Afin de mieux préparer son entrée en bourse, la firme suédoise part à la chasse aux internautes qui utilisent une version piratée de son logiciel pour accéder à son service payant. Une triche qui concernerait deux millions de personnes.

Depuis le début du mois de mars, Spotify s’est mis en tête de neutraliser l’accès à son service musical pour les personnes qui en profitent via une version piratée de l’application. Le géant suédois du streaming audio s’est ainsi fendu d’un courrier pour leur dire que le logiciel avec lequel ils se branchaient sur ses serveurs était désormais inutilisable.

Pour continuer à écouter de la musique, ils doivent désormais télécharger la version officielle, et donc s’abonner correctement et laisser les publicités délivrer leur message lorsqu’elles sont diffusées à l’antenne.
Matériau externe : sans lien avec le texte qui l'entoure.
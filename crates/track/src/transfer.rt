//! All bytes of a source into a reader, and a whole text into a sink.
ghost use Rattle.std.specs.Prelude.{◌≡◌, ◌<◌, ◌^◌, IfOk, IfErr, OnOk, length};
ghost use Rattle.net_reader.specs.Reading.{StandsFor, most_bytes};
ghost use Rattle.outside.specs.Bytes.{append_known};
ghost use Rattle.track.specs.declared.stop.WriteStop.TheVariants.{Failed};
ghost use Rattle.track.specs.Transfer.{HasFaultedOnce, IsAllRead, IsEndOf, IsTextRead, IsWrittenPart, StopsReading};

use crate::stop::{ReadStop, WriteStop};
use net_reader::{MAX_BYTES, Reader};
use outside::{Gave, Sink, Source, Took};
use std::alloc::{AllocError, Global};

// How much is read at once. The piece is set to zero in each run, so that a greater one would make
// small runs dearer.
const PIECE: usize = 16_384;

// A reader of all that is left in the source, where it isn't too much. It stops at the first fault.
pub(crate) fn read_all<S: Source>(alloc: Global, source: &mut S) -> Result<Reader, ReadStop>
    ensures all { IfOk result (λ reader. IsAllRead reader
        (S.left source.old) (S.left source.new) (S.faults source.old) (S.faults source.new)) }
    ensures stops { IfErr result (λ stop. StopsReading most_bytes stop
        (S.left source.old) (S.left source.new) (S.faults source.old) (S.faults source.new)) }
    ensures rest { IsEndOf (S.left source.old) (S.left source.new) }
{
    let mut reader = Reader::new(alloc)?;
    let mut piece = [0; PIECE];
    let mut count = 0;
    'pieces: while count <= MAX_BYTES {
        match source.fill(&mut piece) {
            Took::Got(more) => {
                reader.feed(&piece[..more])?;
                count += more;
            }
            Took::End => return Ok(reader),
            Took::Failed => return Err(ReadStop::Failed),
        }
    }
    Err(ReadStop::TooLong)
}

// All bytes that are left in the source, where they are at most so many. It stops at the first
// fault.
pub(crate) fn read_text<S: Source>(
    alloc: Global,
    source: &mut S,
    limit: usize,
) -> Result<Vec<u8>, ReadStop>
    ensures all { IfOk result (λ text. IsTextRead limit text.items
        (S.left source.old) (S.left source.new) (S.faults source.old) (S.faults source.new)) }
    ensures stops { IfErr result (λ stop. StopsReading limit stop
        (S.left source.old) (S.left source.new) (S.faults source.old) (S.faults source.new)) }
    ensures rest { IsEndOf (S.left source.old) (S.left source.new) }
{
    let mut text = Vec::new(alloc);
    let mut piece = [0; PIECE];
    'pieces: while text.len() <= limit {
        match source.fill(&mut piece) {
            Took::Got(more) => text.extend_from_slice(&piece[..more])?,
            Took::End => return Ok(text),
            Took::Failed => return Err(ReadStop::Failed),
        }
    }
    Err(ReadStop::TooLong)
}

// A reader of a whole text.
pub(crate) fn reader_of(alloc: Global, text: &[u8]) -> Result<Reader, AllocError>
    requires { length text.now < 2 ^ 32 }
    ensures { IfOk result (λ reader. StandsFor reader text.now) }
{
    let mut reader = Reader::new(alloc)?;
    reader.feed(text)?;
    Ok(reader)
}

// The whole text into the sink. It stops at the first fault.
pub(crate) fn write_all<K: Sink>(sink: &mut K, text: &[u8]) -> Result<(), WriteStop>
    ensures all { OnOk result (K.written sink.new ≡ append_known (K.written sink.old) text.now) }
    ensures no_fault { OnOk result (K.faults sink.new ≡ K.faults sink.old) }
    ensures stops { IfErr result (λ stop.
        (stop ≡ Failed) × HasFaultedOnce (K.faults sink.old) (K.faults sink.new)) }
    ensures part { IsWrittenPart text.now (K.written sink.old) (K.written sink.new) }
{
    let mut rest = text;
    'pieces: while !rest.is_empty() {
        match sink.write(rest) {
            Gave::Wrote(count) => rest = rest.split_at(count).1,
            Gave::Failed => return Err(WriteStop::Failed),
        }
    }
    Ok(())
}
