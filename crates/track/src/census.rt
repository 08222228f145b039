//! Where the scripts of an input lead, and the census that tells it.
ghost use Rattle.std.specs.Prelude.{◌≡◌, IfOk, map};
ghost use Rattle.net_reader.specs.Seen.{seen_input};
ghost use Rattle.net_reader.specs.Valid.{IsValid};
ghost use Rattle.scripts.specs.Scripts.{step_of};
ghost use Rattle.directory.specs.Places.{place_at_end};
ghost use Rattle.track.specs.Results.{IsCensusText};
ghost use Rattle.track.specs.Places.{AreLastPlaces, node_if_on};

use census_text::census_of_places;
use net_reader::{Call, Input};
use region_plan::plan_means;
use scripts::scripts_are_valid;
use std::alloc::{AllocError, Global};
use trail_laws::censuses_are_right;

// Where a subscriber is after its script, from its start on: nowhere while it is off.
fn last_place(home: u32, script: &[Call]) -> Option<u32>
    ensures { result ≡ node_if_on (place_at_end home (map step_of script.now)) }
{
    let mut node = home;
    let mut is_off = false;
    for call in script {
        match *call {
            Call::Move { to } => node = to,
            Call::Off => is_off = true,
            // Subscribers make no finds.
            Call::On | Call::Find { .. } => is_off = false,
        }
    }
    if is_off { None } else { Some(node) }
}

// Where each subscriber of an input is after its script.
fn last_places(alloc: Global, input: &Input) -> Result<Vec<Option<u32>>, AllocError>
    requires valid { IsValid (seen_input input.now) }
    ensures { IfOk result (λ places. AreLastPlaces (seen_input input.now) places.items) }
{
    let mut places = Vec::with_capacity(alloc, input.homes.len())?;
    for sub in 0..input.homes.len() {
        places.push(last_place(input.homes[sub], &input.scripts[sub]))?;
    }
    Ok(places)
}

// The census at the end of an input's calls: whatever their order, it tells where the scripts lead.
pub(crate) fn census(alloc: Global, input: &Input) -> Result<Vec<u8>, AllocError>
    requires valid { IsValid (seen_input input.now) }
    ensures { IfOk result (λ text. IsCensusText (seen_input input.now) text.items) }
{
    censuses_are_right();
    scripts_are_valid();
    plan_means();
    let places = last_places(alloc, input)?;
    census_of_places(alloc, input.nodes, &places)
}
Toutefois, à ce moment-là, aucun chiffre n’avait été divulgué sur l’ampleur de ce piratage.

Préparer son entrée en bourse

Mais selon des informations obtenues par Variety, sur les 159 millions d’adeptes de l’application musicale, 2 millions passeraient par une version piratée pour ne rien payer et, in fine, éviter les publicités, qui sont l’un des deux piliers sur lesquels Spotify se repose pour gagner de l’argent, avec l’abonnement mensuel.

Pour Spotify, c’est un problème de taille et un manque à gagner conséquent, alors que le marché de la musique en ligne est extrêmement concurrentiel et que l’avantage qu’il a pu se forger au fil des années est en train d’être remis en question par Apple. Si la firme peut se targuer d’avoir 71 millions d’abonnés payant, Apple Music en compte déjà 38 millions alors qu’il est arrivé sur ce marché bien plus tard.

CC Julien Sabardu

Mais ces versions illégales ne font pas qu’engendrer des pertes pour l’entreprise suédoise : avec son entrée en bourse, le 3 avril prochain, Spotify doit envoyer des signes à ses futurs investisseurs et montrer qu’il ne badine pas avec le piratage.

« Si nous détectons une utilisation répétée d’applications non autorisées en violation de nos conditions, nous nous réservons tous les droits, y compris celui de suspendre ou de fermer le compte » a annoncé la plateforme de streaming. Mais les pirates ne manquant guère d’imagination pour contourner les règles de l’industrie culturelle, il reste à voir combien de temps ces mesures suffiront à régler le problème.